Input records section start
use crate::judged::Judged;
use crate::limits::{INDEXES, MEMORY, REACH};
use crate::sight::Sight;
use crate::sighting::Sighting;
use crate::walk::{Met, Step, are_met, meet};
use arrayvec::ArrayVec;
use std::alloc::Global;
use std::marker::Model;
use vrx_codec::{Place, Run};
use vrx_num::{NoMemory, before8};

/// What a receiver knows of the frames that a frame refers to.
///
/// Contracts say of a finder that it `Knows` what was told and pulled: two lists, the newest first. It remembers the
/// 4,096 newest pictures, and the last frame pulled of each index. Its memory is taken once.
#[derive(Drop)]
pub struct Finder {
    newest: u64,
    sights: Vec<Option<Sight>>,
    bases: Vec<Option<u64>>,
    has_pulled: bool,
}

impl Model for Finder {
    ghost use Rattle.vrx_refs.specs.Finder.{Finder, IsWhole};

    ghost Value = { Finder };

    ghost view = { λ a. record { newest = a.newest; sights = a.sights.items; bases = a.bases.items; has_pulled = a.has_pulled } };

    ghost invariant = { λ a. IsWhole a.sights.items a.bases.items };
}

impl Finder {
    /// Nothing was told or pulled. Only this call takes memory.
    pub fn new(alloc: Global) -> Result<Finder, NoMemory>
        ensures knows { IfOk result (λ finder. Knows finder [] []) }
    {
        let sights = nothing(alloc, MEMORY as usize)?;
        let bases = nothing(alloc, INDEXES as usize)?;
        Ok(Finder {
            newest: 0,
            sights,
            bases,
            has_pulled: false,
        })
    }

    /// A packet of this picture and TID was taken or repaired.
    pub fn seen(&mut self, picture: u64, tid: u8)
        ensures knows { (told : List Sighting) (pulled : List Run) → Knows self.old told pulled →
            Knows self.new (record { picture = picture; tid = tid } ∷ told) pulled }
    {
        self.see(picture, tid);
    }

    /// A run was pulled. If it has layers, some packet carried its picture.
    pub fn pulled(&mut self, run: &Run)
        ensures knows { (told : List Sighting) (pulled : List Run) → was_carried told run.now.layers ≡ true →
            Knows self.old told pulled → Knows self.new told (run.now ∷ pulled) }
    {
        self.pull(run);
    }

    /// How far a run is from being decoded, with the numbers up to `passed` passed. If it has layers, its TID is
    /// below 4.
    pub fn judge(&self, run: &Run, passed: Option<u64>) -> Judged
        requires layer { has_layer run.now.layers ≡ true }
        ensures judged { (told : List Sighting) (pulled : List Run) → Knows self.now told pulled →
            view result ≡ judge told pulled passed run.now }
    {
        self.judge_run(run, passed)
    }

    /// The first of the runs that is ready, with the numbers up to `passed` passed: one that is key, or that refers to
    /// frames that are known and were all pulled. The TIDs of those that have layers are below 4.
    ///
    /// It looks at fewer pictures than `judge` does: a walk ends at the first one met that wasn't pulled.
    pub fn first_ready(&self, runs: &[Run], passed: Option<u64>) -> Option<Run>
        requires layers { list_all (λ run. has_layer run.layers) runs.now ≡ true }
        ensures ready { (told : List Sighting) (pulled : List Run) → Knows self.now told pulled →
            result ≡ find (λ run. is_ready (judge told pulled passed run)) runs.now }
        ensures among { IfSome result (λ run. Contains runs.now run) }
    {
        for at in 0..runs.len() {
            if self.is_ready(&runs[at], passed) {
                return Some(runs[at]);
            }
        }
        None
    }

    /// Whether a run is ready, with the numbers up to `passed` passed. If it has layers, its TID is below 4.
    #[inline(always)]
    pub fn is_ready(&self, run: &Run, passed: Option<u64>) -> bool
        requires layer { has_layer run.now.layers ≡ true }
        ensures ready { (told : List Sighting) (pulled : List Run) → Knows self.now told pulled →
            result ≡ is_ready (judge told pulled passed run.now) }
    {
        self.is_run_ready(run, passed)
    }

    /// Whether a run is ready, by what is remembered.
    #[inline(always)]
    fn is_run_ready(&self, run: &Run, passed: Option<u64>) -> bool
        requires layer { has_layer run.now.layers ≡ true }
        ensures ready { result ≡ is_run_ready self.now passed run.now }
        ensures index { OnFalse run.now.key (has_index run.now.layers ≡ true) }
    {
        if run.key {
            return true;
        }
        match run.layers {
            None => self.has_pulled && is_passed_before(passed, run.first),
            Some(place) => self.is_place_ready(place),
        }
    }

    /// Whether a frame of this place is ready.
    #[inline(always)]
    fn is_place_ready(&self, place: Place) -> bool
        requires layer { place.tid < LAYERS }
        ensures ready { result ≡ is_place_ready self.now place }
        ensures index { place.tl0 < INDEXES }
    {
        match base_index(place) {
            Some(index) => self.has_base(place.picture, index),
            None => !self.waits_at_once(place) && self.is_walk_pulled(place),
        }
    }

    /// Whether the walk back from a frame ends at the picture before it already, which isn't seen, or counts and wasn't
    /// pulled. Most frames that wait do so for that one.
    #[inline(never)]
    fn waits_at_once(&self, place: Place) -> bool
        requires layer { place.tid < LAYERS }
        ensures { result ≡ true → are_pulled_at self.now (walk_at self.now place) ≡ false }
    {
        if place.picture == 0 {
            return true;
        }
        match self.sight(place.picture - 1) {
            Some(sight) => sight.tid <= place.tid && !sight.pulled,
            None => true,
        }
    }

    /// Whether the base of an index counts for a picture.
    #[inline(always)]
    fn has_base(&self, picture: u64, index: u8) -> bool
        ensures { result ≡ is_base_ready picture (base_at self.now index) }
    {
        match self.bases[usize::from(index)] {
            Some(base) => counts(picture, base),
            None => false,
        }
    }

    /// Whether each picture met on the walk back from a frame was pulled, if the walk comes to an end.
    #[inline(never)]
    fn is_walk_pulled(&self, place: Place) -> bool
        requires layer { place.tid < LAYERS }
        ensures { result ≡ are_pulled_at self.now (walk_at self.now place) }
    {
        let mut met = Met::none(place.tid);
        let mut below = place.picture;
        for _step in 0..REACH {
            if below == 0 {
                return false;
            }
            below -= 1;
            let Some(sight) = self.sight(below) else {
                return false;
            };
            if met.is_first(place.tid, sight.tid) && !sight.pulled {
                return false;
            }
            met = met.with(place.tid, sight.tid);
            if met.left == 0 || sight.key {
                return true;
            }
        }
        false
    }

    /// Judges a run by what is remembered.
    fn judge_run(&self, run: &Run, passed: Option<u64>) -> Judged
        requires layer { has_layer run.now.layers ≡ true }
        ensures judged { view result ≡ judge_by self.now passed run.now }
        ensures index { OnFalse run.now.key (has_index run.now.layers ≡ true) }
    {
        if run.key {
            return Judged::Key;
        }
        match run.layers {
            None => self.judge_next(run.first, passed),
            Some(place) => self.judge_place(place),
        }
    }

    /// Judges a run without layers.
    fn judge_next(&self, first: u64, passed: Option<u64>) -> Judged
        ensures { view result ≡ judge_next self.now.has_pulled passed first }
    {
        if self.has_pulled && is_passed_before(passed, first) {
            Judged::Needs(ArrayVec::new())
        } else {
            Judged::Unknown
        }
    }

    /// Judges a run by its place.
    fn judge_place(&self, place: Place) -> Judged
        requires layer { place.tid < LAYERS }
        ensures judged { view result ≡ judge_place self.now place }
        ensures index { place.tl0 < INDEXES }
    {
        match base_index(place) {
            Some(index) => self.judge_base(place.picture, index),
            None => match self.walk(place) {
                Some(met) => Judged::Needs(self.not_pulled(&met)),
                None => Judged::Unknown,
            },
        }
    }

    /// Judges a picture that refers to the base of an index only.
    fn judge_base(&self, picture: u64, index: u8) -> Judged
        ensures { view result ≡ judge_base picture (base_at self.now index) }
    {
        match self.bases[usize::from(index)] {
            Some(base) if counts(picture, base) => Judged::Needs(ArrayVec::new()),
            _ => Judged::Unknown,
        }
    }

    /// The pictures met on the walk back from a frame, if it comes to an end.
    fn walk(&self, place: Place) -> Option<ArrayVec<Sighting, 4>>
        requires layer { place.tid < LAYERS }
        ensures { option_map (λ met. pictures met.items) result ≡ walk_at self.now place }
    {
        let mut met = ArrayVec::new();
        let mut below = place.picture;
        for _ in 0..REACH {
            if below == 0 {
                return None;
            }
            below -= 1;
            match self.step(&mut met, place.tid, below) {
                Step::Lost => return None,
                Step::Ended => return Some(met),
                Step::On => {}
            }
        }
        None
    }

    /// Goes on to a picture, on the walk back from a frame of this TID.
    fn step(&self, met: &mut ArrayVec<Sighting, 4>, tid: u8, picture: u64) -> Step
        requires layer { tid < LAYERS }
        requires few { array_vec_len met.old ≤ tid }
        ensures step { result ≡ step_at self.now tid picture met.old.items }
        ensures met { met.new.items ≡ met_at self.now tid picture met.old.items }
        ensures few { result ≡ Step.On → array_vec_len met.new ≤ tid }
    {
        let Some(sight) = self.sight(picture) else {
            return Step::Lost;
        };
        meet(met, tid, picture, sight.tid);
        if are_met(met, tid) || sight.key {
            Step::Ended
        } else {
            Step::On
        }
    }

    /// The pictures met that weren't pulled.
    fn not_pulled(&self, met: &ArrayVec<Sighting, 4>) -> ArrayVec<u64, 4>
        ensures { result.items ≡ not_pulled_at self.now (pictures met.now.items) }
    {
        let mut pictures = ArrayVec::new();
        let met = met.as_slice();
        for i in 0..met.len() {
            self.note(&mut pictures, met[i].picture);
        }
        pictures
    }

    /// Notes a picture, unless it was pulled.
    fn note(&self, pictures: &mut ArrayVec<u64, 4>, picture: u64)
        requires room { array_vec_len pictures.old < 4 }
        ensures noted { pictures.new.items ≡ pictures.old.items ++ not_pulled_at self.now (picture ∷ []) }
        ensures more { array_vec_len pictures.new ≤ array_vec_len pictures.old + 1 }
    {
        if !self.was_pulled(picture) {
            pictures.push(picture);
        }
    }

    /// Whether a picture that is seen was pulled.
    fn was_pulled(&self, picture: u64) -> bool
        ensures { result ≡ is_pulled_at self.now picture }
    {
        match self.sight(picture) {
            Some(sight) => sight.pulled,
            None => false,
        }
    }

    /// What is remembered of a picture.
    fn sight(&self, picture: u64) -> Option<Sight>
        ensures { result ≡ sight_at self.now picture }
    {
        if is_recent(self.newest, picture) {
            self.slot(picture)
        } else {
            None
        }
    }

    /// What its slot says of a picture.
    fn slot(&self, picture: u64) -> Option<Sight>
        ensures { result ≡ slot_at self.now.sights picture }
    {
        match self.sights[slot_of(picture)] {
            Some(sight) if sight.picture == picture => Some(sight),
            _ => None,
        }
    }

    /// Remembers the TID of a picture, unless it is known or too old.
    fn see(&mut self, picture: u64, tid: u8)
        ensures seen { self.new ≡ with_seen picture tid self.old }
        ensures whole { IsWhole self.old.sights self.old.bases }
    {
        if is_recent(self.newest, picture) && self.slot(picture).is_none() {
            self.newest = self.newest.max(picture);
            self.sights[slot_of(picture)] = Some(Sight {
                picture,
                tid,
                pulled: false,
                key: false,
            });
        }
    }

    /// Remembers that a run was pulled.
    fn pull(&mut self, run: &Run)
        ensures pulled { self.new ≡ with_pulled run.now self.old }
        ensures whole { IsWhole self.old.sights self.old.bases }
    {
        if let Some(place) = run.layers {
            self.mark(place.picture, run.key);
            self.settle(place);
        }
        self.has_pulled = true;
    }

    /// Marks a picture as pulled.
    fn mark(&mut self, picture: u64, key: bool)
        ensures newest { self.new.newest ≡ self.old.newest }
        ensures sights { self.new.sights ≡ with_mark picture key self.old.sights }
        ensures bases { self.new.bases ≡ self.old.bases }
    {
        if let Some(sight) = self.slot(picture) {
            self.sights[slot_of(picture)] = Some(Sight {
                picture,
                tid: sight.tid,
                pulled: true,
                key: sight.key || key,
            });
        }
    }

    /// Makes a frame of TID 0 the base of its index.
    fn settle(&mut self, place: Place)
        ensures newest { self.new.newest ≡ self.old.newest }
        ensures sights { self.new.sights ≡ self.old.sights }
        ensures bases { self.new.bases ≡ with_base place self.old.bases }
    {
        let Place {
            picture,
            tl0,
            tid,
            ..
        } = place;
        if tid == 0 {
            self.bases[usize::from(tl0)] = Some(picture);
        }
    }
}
Input records section end
### Work item
For the lines above, output exactly those from the line containing "if let Some(place)" through the line containing "if tid == 0", and skip the others.

### Solved exercise
        if let Some(place) = run.layers {
            self.mark(place.picture, run.key);
            self.settle(place);
        }
        self.has_pulled = true;
    }

    /// Marks a picture as pulled.
    fn mark(&mut self, picture: u64, key: bool)
        ensures newest { self.new.newest ≡ self.old.newest }
        ensures sights { self.new.sights ≡ with_mark picture key self.old.sights }
        ensures bases { self.new.bases ≡ self.old.bases }
    {
        if let Some(sight) = self.slot(picture) {
            self.sights[slot_of(picture)] = Some(Sight {
                picture,
                tid: sight.tid,
                pulled: true,
                key: sight.key || key,
            });
        }
    }

    /// Makes a frame of TID 0 the base of its index.
    fn settle(&mut self, place: Place)
        ensures newest { self.new.newest ≡ self.old.newest }
        ensures sights { self.new.sights ≡ self.old.sights }
        ensures bases { self.new.bases ≡ with_base place self.old.bases }
    {
        let Place {
            picture,
            tl0,
            tid,
            ..
        } = place;
        if tid == 0 {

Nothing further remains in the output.